This land is a unique and high-profile 600,000’ commercial ag-zoned site that’s ultra-conveniently located just one minute from downtown Everett, WA, and 30 minutes north of Seattle / Bellevue.

Thanks to a couple of recent changes in county land use regulations, which I had been anticipating for years, the value of this property has gone up by a huge amount: The land alone is now worth $853,000 in breakup value ($1.37 a foot), plus it contains another $6.7 million in Transferable Development Rights credits. Not bad for something for which I paid less than $250,000.

Due to this site being a 1909 “ghost plat” subdivision that was never developed, it is composed of four city blocks with 50 pre-existing legal lots. For many decades, these lots have been “glued” together into one large parcel. Normally, the minimum lot size in this zoning is 10 acres, unless they are preexisting, such as these. Please see the plat map below.

But, thanks to a 2009 grandfathering change in land codes, these lots can now be sold off as rare and high-demand “small denomination farmland” parcels with no further subdivision. The aggregate value of these lots is easily worth at least $853,000. That change was one reason why I bought the property in the first place the following year, plus one more reason. I regularly turn down offers to buy a small piece of land.

I recently began marketing the land in one piece at this price for its highest use: A working agritourism hops farm and craft brewpub development site, right in the heart of the fastest-growing craft beer industry on the planet - North Puget Sound. Visiting is an easy one minute side trip from the busy I-5 freeway, and even faster for the 30 million vehicles that pass by every year adjacent to the 1/4 mile long southern edge of the property.

All things considered, for this use in this location, $853k is an excellent value. This is such a good idea that I’m leaving the possibility of a joint venture on the table.

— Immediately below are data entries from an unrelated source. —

// Words of commands. An action is the letters of the known options, with `:` after one that takes
// an argument, and then the words, with one blank between them. The result is the options with
// their arguments, a bar, and the operands; or why they are refused.
use super::*;
use command_words::{Options, copies, split_options};

#[derive(Drop)]
struct Words;

fn words_of(alloc: Global, with: &str) -> Result<Vec<Word>, Fail> {
    let mut words = Vec::new(alloc);
    if with.is_empty() {
        return Ok(words);
    }
    for text in with.split(' ') {
        words.push(word(alloc, text)?)?;
    }
    Ok(words)
}

fn add_option(out: &mut Vec<u8>, letter: u8, argument: Option<&Word>) -> Result<(), Fail> {
    out.push(letter)?;
    if let Some(word) = argument {
        out.push(b'=')?;
        out.extend_from_slice(word.bytes())?;
    }
    out.push(b' ')?;
    Ok(())
}

fn add_operands(out: &mut Vec<u8>, operands: &[Word]) -> Result<(), Fail> {
    for word in operands {
        out.push(b' ')?;
        out.extend_from_slice(word.bytes())?;
    }
    Ok(())
}

fn told(alloc: Global, options: &Options) -> Result<Vec<u8>, Fail> {
    let mut out = Vec::new(alloc);
    for (letter, argument) in options.given.as_slice() {
        add_option(&mut out, letter.byte(), argument.as_ref())?;
    }
    out.push(b'|')?;
    add_operands(&mut out, &copies(alloc, options.operands.as_slice())?)?;
    Ok(out)
}

fn split(alloc: Global, letters: &str, words: &[Word]) -> Result<Vec<u8>, Fail> {
    match split_options(alloc, words, letters.as_bytes()) {
        Ok(options) => told(alloc, &options),
        Err(fault) => shown(alloc, &fault),
    }
}

impl Bench for Words {
    fn act(&mut self, alloc: Global, action: &str, with: &str) -> Result<Vec<u8>, Fail> {
        split(alloc, action, &words_of(alloc, with)?)
    }
}

#[test]
fn option_words(rt: HostRuntime) -> Result<(), Fail> {
    play(
        rt.alloc(),
        &mut Words,
        10,
        r"b:c:f:d:ns -sf1 -d : -- -x -> s f=1 d=: | -x
b:c:f:d:ns - -s -> | - -s
b:c:f:d:ns -d -- -- -- -> d=-- | --
b:c:f:d:ns -ns a -n -> n s | a -n
b:c:f:d:ns -d  -> d= |
b:c:f:d:ns -> |
f:s -z -> A2 UnknownOption
f:s -: -> A2 UnknownOption
f:s -s -f -> A3 MissingArgument
f:s -sz -> A2 UnknownOption",
    )
}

You’ll find an extensive description of the property and its context etc. in the first few pages of the extensive marketing package that I’ve prepared and posted at https://www.biggerpockets.com/files/user/ChrisNewm...

More importantly, the property also contains $6.7 million worth of Transferable Development Rights credits (304) under the county’s new TDR resource land conservation program. The general intents of this new county program, like all the others, are to preserve green open space and to steer our high population growth, due to Seattle overflow, to the urban areas in the western county.

You’ll find the county flyer on this program here: http://snohomishcountywa.gov/DocumentCenter/Home/V...

But, basically, the program enables the unused residential construction development rights that these lots contain to be split off and transferred to another, and more valuable, location. The extraordinary TDR credit value derives from a “loophole” in the calculations that grants one Sending credit for either every 10 acres of land or for each pre-existing legal lot over 5,000’, just like these.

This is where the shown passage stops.